I told them about the cooperation trials and how our modifications to the genome had inadvertently created more cooperative, less xenophobic monkeys.
 

“Nobody in their right mind is going to accept that kind of response,” John said.
 

“Do you mean to say,” Masanori said, in his quiet but firm voice, “that you wouldn’t like your children to be more cooperative and friendly towards strangers?”
 

John’s children, who had attended many company picnics and family days, were known for terrorizing the other children. Masanori suspected it was caused by a competition modification gone haywire, but I thought it was just bad parenting.
 

“I don’t think anyone would,” Anthony said, racing to John’s aid. “What people want are kids who are going to compete, not kids who are going to be more cooperative.”
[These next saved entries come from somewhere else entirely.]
// A square grid of cells, with an edge between each two neighbours.
ghost use Rattle.std.specs.Prelude.{◌<◌, ◌≤◌};

use mesh_decl::Mesh;
use op_num::{Name, OutOfMemory};
use std::alloc::{AllocError, Global};

// The cells of each edge: of cell 0 to the next of its row, then to the next of its column, and so on.
fn cells_of_edges(alloc: Global, side: u32) -> Result<Vec<i32>, OutOfMemory>
    requires some { 0 < side }
    requires few { side ≤ 4096 }
{
    let mut ends = Vec::new(alloc);
    let mut first = 0u32;
    for _row in 0..side {
        for column in 0..side {
            let cell = (first & 33554431) + column;
            if column + 1 < side {
                ends.push(cell as i32)?;
                ends.push((cell + 1) as i32)?;
            }
            if (cell + side) / side < side {
                ends.push(cell as i32)?;
                ends.push((cell + side) as i32)?;
            }
        }
        first = (first & 33554431) + side;
    }
    Ok(ends)
}

// The column and the row of each cell.
fn places_of_cells(alloc: Global, side: u32) -> Result<Vec<i32>, OutOfMemory>
    requires { side ≤ 4096 }
{
    let mut places = Vec::new(alloc);
    for row in 0..side {
        for column in 0..side {
            places.push(column as i32)?;
            places.push(row as i32)?;
        }
    }
    Ok(places)
}

fn name(alloc: Global, bytes: &[u8]) -> Result<Name, OutOfMemory> {
    Ok(Name::new(Vec::from_slice(alloc, bytes)?))
}

/// The sets `cells` and `edges`, the map `ends` from edges to the two cells of each, and the dat `x` with the column
/// and the row of each cell.
#[tactic(auto, unfolding(mesh_decl::specs::Mesh::size_in))]
pub fn grid(alloc: Global, side: u32) -> Result<Mesh, OutOfMemory>
    requires some { 0 < side }
    requires few { side ≤ 4096 }
{
    let ends = cells_of_edges(alloc, side)?;
    let edges = ends.len() / 2;
    let mut mesh = Mesh::new(alloc);
    if edges >= 4294967295 || ends.len() != edges * 2 {
        return Ok(mesh);
    }
    let cells = side * side;
    mesh.add_set(name(alloc, b"cells")?, cells)?;
    mesh.add_set(name(alloc, b"edges")?, edges as u32)?;
    if mesh.add_map(name(alloc, b"ends")?, 1, 0, 2, ends).is_err() {
        return Err(AllocError);
    }
    let places = places_of_cells(alloc, side)?;
    if places.len() == cells as usize * 2 && mesh.set_count() == 2 && mesh.set_size(0) == cells {
        mesh.add_dat(name(alloc, b"x")?, 0, 2, places)?;
    }
    Ok(mesh)
}
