// The arrays of the cells, and the loop over the edges.

ghost use Rattle.std.specs.Prelude.{◌≡◌, ◌<◌, ◌≤◌, ◌^◌};
ghost use Rattle.kernel_model.specs.Resolved.{IsResolved};
ghost use Rattle.kernel_code.specs.Coded.{IsCode};

use crate::flux::flux;
use kernel_code::{Code, compile, run_on};
use kernel_model::types::is_resolved;
use kernel_model::types::views::{Place, are_places_in};
use op_num::wrap_add;
use std::alloc::{AllocError, Global};

// The most edges.
const MOST: u32 = 1 << 28;

/// The arrays q, adt and res, one after another, each with so many cells.
pub fn filled(alloc: Global, cells: u32) -> Result<Vec<i32>, AllocError> {
    let mut memory = Vec::new(alloc);
    for i in 0..cells {
        memory.push((i % 1000) as i32 - 500)?;
    }
    for i in 0..cells {
        memory.push((i % 7) as i32 + 1)?;
    }
    for _ in 0..cells {
        memory.push(0)?;
    }
    Ok(memory)
}

fn places_of(a: u32, b: u32, cells: u32) -> [Place; 6] {
    let (a, b, cells) = (a as usize, b as usize, cells as usize);
    [
        Place { from: a, count: 1 },
        Place { from: b, count: 1 },
        Place {
            from: cells + a,
            count: 1,
        },
        Place {
            from: cells + b,
            count: 1,
        },
        Place {
            from: 2 * cells + a,
            count: 1,
        },
        Place {
            from: 2 * cells + b,
            count: 1,
        },
    ]
}

/// Runs the code of a kernel for each edge; how many edges had no fault.
pub fn run_edges(code: &Code<'_>, memory: &mut [i32], cells: u32, edges: u32) -> u32
    requires code { IsCode code.now }
    requires resolved { IsResolved 0 code.now.kernel.now }
    requires params { code.now.kernel.now.params ≡ 6 }
    requires slots { code.now.slots ≤ 8 }
    requires cells { 0 < cells }
{
    let mut done = 0u32;
    let mut scratch = [0; 8];
    for edge in 0..edges {
        let a = edge % cells;
        let b = (edge as u64 * 31 + 1) % cells as u64;
        let places = places_of(a, b as u32, cells);
        if are_places_in(&places, memory.len())
            && run_on(code, memory, &places, &[], &mut scratch).is_ok()
        {
            done = done.saturating_add(1);
        }
    }
    done
}

/// The sum of the cells from that one on, where it wraps.
pub fn sum_from(memory: &[i32], from: usize) -> i32 {
    let mut sum = 0;
    for cell in memory.iter().skip(from) {
        sum = wrap_add(sum, *cell);
    }
    sum
}

/// The number of edges of the flux kernel's loop that have no fault, and the sum of the residuals. `None` is want of
/// memory, or more than 2^28 edges.
pub fn flux_sum(alloc: Global, edges: u32) -> Option<(u32, i32)> {
    if edges > MOST {
        return None;
    }
    let cells = edges / 2 + 1;
    let kernel = flux(alloc).ok()?;
    let mut memory = filled(alloc, cells).ok()?;
    let code = compile(alloc, &kernel).ok()?;
    if !is_resolved(&kernel, 0) || kernel.params != 6 || code.slots > 8 {
        return None;
    }
    let done = run_edges(&code, &mut memory, cells, edges);
    Some((done, sum_from(&memory, 2 * cells as usize)))
}
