// Arguments on dats by a rank's local numbers.

use crate::row_batches::LocalVia;

/// An argument on a dat: by which map it leads from a place, the cell of the rank's buffer at which the dat begins, and
/// how many cells each element has.
#[derive(Clone, Copy)]
pub struct LocalArg<'a> {
    pub via: Option<LocalVia<'a>>,
    pub base: usize,
    pub dim: usize,
}
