// Halos and local meshes are there.
ghost use Rattle.loop_plan.specs.Laws.{DistributionsExist, NarrowMeshesFitMemory};

use local_mesh::halo_lists::executed_targets_are_copies;
use mesh_decl::declarations_hold;

/// A mesh has halos and local meshes for any owners and new numbers of its elements.
pub fn some_distribution()
    ensures { DistributionsExist }
{
    executed_targets_are_copies();
    declarations_hold();
}

/// The lists of targets of a mesh whose maps have a dim of at most 64 are as short as those of memory.
pub fn narrow_meshes_fit_memory()
    ensures { NarrowMeshesFitMemory }
{
    declarations_hold();
}
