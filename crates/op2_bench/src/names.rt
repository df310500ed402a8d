// Reading a source, and resolving its names again and again.

use c_reader::read_program;
use name_resolution::resolve;
use op_outside::{FileShelf, read_whole};
use std::alloc::Global;

// The most bytes that a source has.
const MOST: u64 = 1 << 20;

// How many kernels and constants a source has, where its names are resolved so many times.
fn counts(alloc: Global, source: &[u8], times: u32) -> Option<(usize, usize)> {
    if source.len() as u64 > MOST {
        return None;
    }
    let program = read_program(alloc, source).ok()?;
    let mut counts = (0, 0);
    for _ in 0..times {
        let resolved = resolve(alloc, &program).ok()?;
        counts = (resolved.kernels.len(), resolved.consts.len());
    }
    Some(counts)
}

/// How many kernels and constants the source of that file has, where its names are resolved so many times; `None` where
/// it is no source.
pub fn counts_of(rt: HostRuntime, source: &str, times: u32) -> Option<(usize, usize)> {
    let mut shelf = FileShelf::new(rt);
    let source = read_whole(rt.alloc(), &mut shelf, source, MOST).ok()?;
    counts(rt.alloc(), &source, times)
}
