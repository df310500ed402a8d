// Which arguments of a loop reach elements alike.

ghost use Rattle.std.specs.Prelude.{◌≡◌, ◌<◌, length};
ghost use Rattle.bound_program.specs.Classes.{is_read};
ghost use Rattle.kernel_runs.specs.Alike.{same_via, same_way, same_column, may_meet, IsFirst};

use bound_program::{Access, Arg, Via, is_access};

// Whether both lead by no map, or by one map and one index.
fn is_same_via(some: Option<Via>, other: Option<Via>) -> bool
    ensures { result ≡ same_via some other }
{
    match (some, other) {
        (None, None) => true,
        (Some(some), Some(other)) => some.map == other.map && some.index == other.index,
        _ => false,
    }
}

// Whether both are on dats, which they reach in one way.
fn is_same_way(some: Arg, other: Arg) -> bool
    ensures { result ≡ same_way some other }
{
    match (some, other) {
        (Arg::Dat { via, .. }, Arg::Dat { via: other, .. }) => is_same_via(via, other),
        _ => false,
    }
}

/// Whether both are on one dat, which they reach in one way.
pub fn is_same_column(some: Arg, other: Arg) -> bool
    ensures { result ≡ same_column some other }
{
    match (some, other) {
        (
            Arg::Dat { dat, via, .. },
            Arg::Dat {
                dat: other,
                via: way,
                ..
            },
        ) => dat == other && is_same_via(via, way),
        _ => false,
    }
}

/// Whether both are on one dat, which one of them may modify, and reach it in different ways.
pub fn can_meet(some: Arg, other: Arg) -> bool
    ensures { result ≡ may_meet some other }
{
    match (some, other) {
        (
            Arg::Dat { dat, via, access },
            Arg::Dat {
                dat: other,
                via: way,
                access: own,
            },
        ) => dat == other && !is_same_via(via, way) && !(only_reads(access) && only_reads(own)),
        _ => false,
    }
}

// Whether the access is OP_READ.
fn only_reads(access: Access) -> bool
    ensures { result ≡ is_read access }
{
    is_access(Access::Read, access)
}

/// The first argument on a dat that reaches elements in the way of argument `a`, or `a` where none does before it.
pub fn first_way(args: &[Arg], a: usize) -> usize
    requires { a < length args.now }
    ensures { IsFirst same_way args.now a result }
{
    for b in 0..a {
        if is_same_way(args[b], args[a]) {
            return b;
        }
    }
    a
}

/// The first argument that reaches the dat of argument `a` in one way with it, or `a` where none does before it.
pub fn first_column(args: &[Arg], a: usize) -> usize
    requires { a < length args.now }
    ensures { IsFirst same_column args.now a result }
{
    for b in 0..a {
        if is_same_column(args[b], args[a]) {
            return b;
        }
    }
    a
}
“Cooperation has been proven to be one of the major factors in promoting not just evolutionary success but the success in daily life that leads to that,” I said. “Of course people are going to accept it.”
 

Everyone stopped for a minute to think about this.

A couple of people twisted their mouths and nodded but others just sat there. Anthony in particular was shaking his head and looking at the ceiling as if he thought I had gone completely crazy.
 

“Rachel, what will the market say?” Klaus said. “Do you think we could sell cooperation?”
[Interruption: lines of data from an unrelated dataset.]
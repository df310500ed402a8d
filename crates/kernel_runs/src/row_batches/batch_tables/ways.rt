// The ways in which a loop's arguments on dats reach elements.

ghost use Rattle.std.specs.Prelude.{◌≡◌, length};
ghost use Rattle.kernel_runs.specs.Tables.{AreWays, via_of};

use crate::row_batches::LocalVia;
use crate::row_batches::batch_tables::alike::first_way;
use crate::row_batches::batch_tables::args::LocalArg;
use bound_program::Arg;

// The way of an argument; one on a variable has none.
fn via_of<'a>(local: &Option<LocalArg<'a>>) -> Option<LocalVia<'a>>
    ensures { result ≡ via_of local.now }
{
    match local {
        None => None,
        Some(local) => local.via,
    }
}

/// Puts down the way of each argument, where none before it has the same, and by argument the number of its way: that
/// of the first argument with it.
pub fn put_ways<'a>(
    args: &[Arg],
    locals: &[Option<LocalArg<'a>>],
    numbers: &mut [usize],
    ways: &mut [Option<LocalVia<'a>>],
)
    requires locals { length locals.now ≡ length args.now }
    requires numbers { length numbers.old ≡ length args.now }
    requires ways { length ways.old ≡ length args.now }
    ensures { AreWays args.now locals.now numbers.new ways.new (length args.now) }
{
    for a in 0..args.len() {
        let first = first_way(args, a);
        numbers[a] = first;
        ways[a] = if first == a { via_of(&locals[a]) } else { None };
    }
}
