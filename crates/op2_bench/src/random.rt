// A map with random targets.
ghost use Rattle.std.specs.Prelude.{◌<◌, ◌≤◌};

use mesh_decl::Mesh;
use op_num::{Name, OutOfMemory};
use std::alloc::{AllocError, Global};

// Random elements below `to`, by a linear congruential generator (Knuth's MMIX).
fn random_targets(alloc: Global, to: u32, count: usize) -> Result<Vec<i32>, OutOfMemory>
    requires some { 0 < to }
    requires few { to ≤ 16777216 }
{
    let mut targets = Vec::with_capacity(alloc, count)?;
    let mut state = 1u64;
    for _place in 0..count {
        state = state
            .wrapping_mul(6364136223846793005)
            .wrapping_add(1442695040888963407);
        targets.push(((state >> 33) % to as u64) as i32)?;
    }
    Ok(targets)
}

fn name(alloc: Global, bytes: &[u8]) -> Result<Name, OutOfMemory> {
    Ok(Name::new(Vec::from_slice(alloc, bytes)?))
}

/// The sets `cells` and `edges` of these sizes, and the map `ends` from edges to `dim` random cells of each.
#[tactic(auto, unfolding(mesh_decl::specs::Mesh::size_in))]
pub fn random(alloc: Global, edges: u32, cells: u32, dim: u32) -> Result<Mesh, OutOfMemory>
    requires some { 0 < cells }
    requires few { cells ≤ 16777216 }
    requires some_targets { 0 < dim }
{
    let count = edges as usize * dim as usize;
    let ends = random_targets(alloc, cells, count)?;
    let mut mesh = Mesh::new(alloc);
    if ends.len() != count {
        return Ok(mesh);
    }
    mesh.add_set(name(alloc, b"cells")?, cells)?;
    mesh.add_set(name(alloc, b"edges")?, edges)?;
    if mesh
        .add_map(name(alloc, b"ends")?, 1, 0, dim, ends)
        .is_err()
    {
        return Err(AllocError);
    }
    Ok(mesh)
}
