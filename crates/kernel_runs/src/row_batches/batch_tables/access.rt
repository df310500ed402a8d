// What the arguments that share a column may do together.

ghost use Rattle.std.specs.Prelude.{◌≡◌, ◌<◌, IfSome, true, length};
ghost use Rattle.op_num.specs.Access.{access_of};
ghost use Rattle.bound_program.specs.Classes.{is_reducing};
ghost use Rattle.run_model.specs.Arguments.{access_by};
ghost use Rattle.kernel_runs.specs.Alike.{arg_in, same_column};
ghost use Rattle.kernel_runs.specs.Tables.{Joins, IsShared};

use crate::row_batches::batch_tables::alike::is_same_column;
use bound_program::{Access, Arg};

// The access of an argument.
fn access_of(arg: Arg) -> Access
    ensures { access_of result ≡ access_by arg }
{
    match arg {
        Arg::Dat { access, .. } => access,
        Arg::Global { access, .. } => access,
    }
}

// Whether it merges amounts into what it reaches.
fn reduces(access: Access) -> bool
    ensures { result ≡ is_reducing access }
{
    match access {
        Access::Inc => true,
        Access::Min => true,
        Access::Max => true,
        _ => false,
    }
}

// What lets both do what they may: OP_RW where they differ. None where one of two different ones is a reduction.
fn joined(some: Access, other: Access) -> Option<Access>
    ensures { IfSome result (Joins some other) }
{
    if some == other {
        return Some(some);
    }
    if reduces(some) || reduces(other) {
        return None;
    }
    Some(Access::Rw)
}

/// What lets each argument that shares the column of argument `a`, which is on a dat, do what it may. None where one of
/// them is a reduction and another one is not the same.
pub fn shared_access(args: &[Arg], a: usize) -> Option<Access>
    requires there { a < length args.now }
    requires dat { same_column (arg_in args.now a) (arg_in args.now a) ≡ true }
    ensures { IfSome result (IsShared args.now a) }
{
    let mut shared = access_of(args[a]);
    for b in 0..args.len() {
        if is_same_column(args[b], args[a]) {
            shared = joined(shared, access_of(args[b]))?;
        }
    }
    Some(shared)
}
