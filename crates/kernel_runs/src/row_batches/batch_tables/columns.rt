// The columns of a row's frame: the components of arguments on dats.

ghost use Rattle.std.specs.Prelude.{◌≡◌, ◌<◌, ◌≤◌, ◌+◌, ◌^◌, ℕ, IfSome, true, length, get_or};
ghost use Rattle.kernel_runs.specs.RowLoops.{no_column};
ghost use Rattle.kernel_runs.specs.Alike.{arg_in, same_column};
ghost use Rattle.kernel_runs.specs.Tables.{AreColumns, IsStored};

use crate::row_batches::RowColumn;
use crate::row_batches::batch_tables::access::shared_access;
use crate::row_batches::batch_tables::alike::first_column;
use crate::row_batches::batch_tables::args::LocalArg;
use bound_program::{Access, Arg};
use kernel_model::types::views::Place;

// Puts down a column for each component of an argument's elements, of which the first is `column`, from a number on.
fn put_components(columns: &mut [RowColumn], from: usize, column: RowColumn)
    requires room { from + column.dim ≤ length columns.old }
    requires cells { column.cell + column.dim < 2 ^ 64 }
    ensures before { (c : ℕ) → c < from → get_or columns.new c no_column ≡ get_or columns.old c no_column }
    ensures are { (j : ℕ) → j < column.dim
        → get_or columns.new (from + j) no_column ≡ record column { cell = column.cell + j } }
{
    for j in 0..column.dim {
        columns[from + j] = RowColumn {
            cell: column.cell + j,
            ..column
        };
    }
}

/// Puts down the columns of the components of all arguments on dats, and by argument where its columns stand in a row's
/// frame. Arguments that reach one dat in one way share columns. `numbers` are those of their ways. Answers how many
/// columns there are; none where there is no room for them, or where arguments reduce into a column that others use
/// otherwise.
pub fn put_columns(
    args: &[Arg],
    locals: &[Option<LocalArg<'_>>],
    numbers: &[usize],
    columns: &mut [RowColumn],
    places: &mut [Place],
) -> Option<usize>
    requires locals { length locals.now ≡ length args.now }
    requires numbers { length numbers.now ≡ length args.now }
    requires places { length places.old ≡ length args.now }
    requires few { length columns.old < 2 ^ 32 }
    requires cells { (a : ℕ) → a < length args.now → IfSome (get_or locals.now a None) (λ y. y.base + y.dim < 2 ^ 64) }
    requires dats { (a : ℕ) → a < length args.now
        → IfSome (get_or locals.now a None) (λ y. same_column (arg_in args.now a) (arg_in args.now a) ≡ true) }
    ensures { IfSome result (AreColumns args.now locals.now numbers.now columns.new places.new (length args.now)) }
{
    let mut count = 0;
    for a in 0..args.len() {
        if let Some(local) = locals[a] {
            let first = first_column(args, a);
            let mut from = places[first].from;
            if first == a {
                let access = shared_access(args, a)?;
                if local.dim > columns.len() - count {
                    return None;
                }
                from = count;
                let column = RowColumn {
                    way: numbers[a],
                    cell: local.base,
                    dim: local.dim,
                    access,
                };
                put_components(columns, from, column);
                count += local.dim;
            }
            places[a] = Place {
                from,
                count: local.dim,
            };
        }
    }
    Some(count)
}

/// Whether a column is stored to.
pub fn stores(columns: &[RowColumn]) -> bool
    ensures { (c : ℕ) → c < length columns.now → IsStored (get_or columns.now c no_column) → result ≡ true }
{
    for column in columns {
        match column.access {
            Access::Write => return true,
            Access::Rw => return true,
            _ => {}
        }
    }
    false
}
Rachel had a confused look on her face and shook her head. “I really don’t know. I don’t think anyone’s ever tried it before.”
 

“Well, get onto it, then.”

“There is one other small detail,” I said.

“What’s that?” Klaus leaned towards me.

“It seems these new modifications, because they’re based on bonobo genes, also make the test subjects quite a bit friskier.”

“Well, that sounds like something we probably could sell!”
 

The meeting went on for another few hours, and in the end Klaus asked for a survey to be done on the acceptability of increased cooperation and sex-drive.
 

“You’d better bloody well make something of this, Michael,” he said to me as we exited the board room, putting a firm hand on my shoulder. “I’ve put not only my own ass but the ass of the entire company on the line for you here, and we need to see some results. Soon.”

C
HAPTER
S
IX

THAT EVENING, ANNIE called and asked me to meet her at her doctor’s clinic. She said she was feeling better but wanted to get some tests run just in case.
 

I could have taken one of the cable cars that hung throughout the city, crossing flooded streets where traditional vehicles were unable to pass, but I decided to walk, taking the higher streets and the bridges that had been put up after the flood.
 

Very few people knew about Annie’s disease, and we wanted to keep it that way. If someone at Geneus found out about it they would assume my zeal for the immune system project was based on more than just my conviction that I could come up with a solution. With the project already tenuous, something like this would be enough to send it plunging into the ravine of scientific obscurity and me along with it. Which company would want to hire a scientist who had cost their previous employer hundreds of millions in research funds just to try to save his wife?
 

I turned onto a street that had become an informal market.
 

“Kebabs, kebabs kebabs… Baby chickens, ten dollars each, baby chickens… A necklace sir, perfect for the lady, only twenty dollars…” The calls from the vendors were a reminder of the beginning again, of our roots, of the importance of trade to human civilization. It felt more real than the sleek shopfronts that had once glazed this particular street with their promise of perfection in luxury cars, designer clothes and diamond necklaces. A few bars and restaurants still remained, as did the banks, now heavily guarded, but there wasn’t much of the old economy left. These days, almost everything was virtual.
 

Annie’s doctor’s office was in a heritage building without an elevator. I climbed up the wooden stairs. The inside of each step was worn deep from years of passing feet and the boards creaked and wobbled from lack of maintenance. Light trickled through dusty opaque windows on the landings. On the third floor I walked over to a glass door with a small name tag next to it: Dr Graham Baxter.